Work order: All lines ahead of the one containing "that it found." are to be left out; that line and each one after it, through the end of the records below, are to be duplicated exactly.
── Data
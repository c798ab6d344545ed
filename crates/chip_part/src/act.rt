ghost use Rattle.std.specs.Prelude.{◌≡◌};

use crate::reply::Reply;

/// One atomic operation of a vertex on one word of the machine. A `cell` is a place in the edge's ring, from 0.
#[derive(Clone, Copy)]
pub enum Act {
    /// Swap the cell with 0.
    Take { edge: u64, cell: u64 },
    /// Load the edge's word of acknowledgements.
    Settle { edge: u64 },
    /// Add `k` to the vertex's fired word.
    Fire { k: u64 },
    /// Load the cell.
    Clear { edge: u64, cell: u64 },
    /// Exchange the edge word for `new` if it is `expected`, in one try.
    Claim { edge: u64, expected: u64, new: u64 },
    /// Store `value` into the cell.
    Put { edge: u64, cell: u64, value: u64 },
    /// Set the bits of a halt in the vertex's fired word.
    Halt { by_limit: bool },
    /// Add `count` to the edge's word of acknowledgements.
    Ack { edge: u64, count: u64 },
    /// No operation: the turn is over.
    End,
}

/// An operation that was made, with the word that it found.
#[derive(Clone, Copy)]
pub struct Observed {
    pub act: Act,
    pub seen: u64,
}

impl Observed {
    ghost use Rattle.chip_part.specs.Counting.{is_work};

    /// Whether a step with this reply counts as work of a turn: it took a message, fired, sent, put, halted,
    /// acknowledged, or settled something new.
    pub fn counts(&self, reply: &Reply) -> bool
        ensures { result ≡ is_work self.now.act reply.now }
    {
        match self.act {
            Act::Take { .. } => matches!(reply, Reply::Got(_)),
            Act::Settle { .. } => match *reply {
                Reply::Done(more) => more > 0,
                _ => false,
            },
            Act::Claim { .. } => matches!(reply, Reply::Sent(_)),
            Act::Fire { .. } | Act::Put { .. } | Act::Halt { .. } | Act::Ack { .. } => true,
            Act::Clear { .. } | Act::End => false,
        }
    }
}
────
The completed task:
/// An operation that was made, with the word that it found.
#[derive(Clone, Copy)]
pub struct Observed {
    pub act: Act,
    pub seen: u64,
}

impl Observed {
    ghost use Rattle.chip_part.specs.Counting.{is_work};

    /// Whether a step with this reply counts as work of a turn: it took a message, fired, sent, put, halted,
    /// acknowledged, or settled something new.
    pub fn counts(&self, reply: &Reply) -> bool
        ensures { result ≡ is_work self.now.act reply.now }
    {
        match self.act {
            Act::Take { .. } => matches!(reply, Reply::Got(_)),
            Act::Settle { .. } => match *reply {
                Reply::Done(more) => more > 0,
                _ => false,
            },
            Act::Claim { .. } => matches!(reply, Reply::Sent(_)),
            Act::Fire { .. } | Act::Put { .. } | Act::Halt { .. } | Act::Ack { .. } => true,
            Act::Clear { .. } | Act::End => false,
        }
    }
}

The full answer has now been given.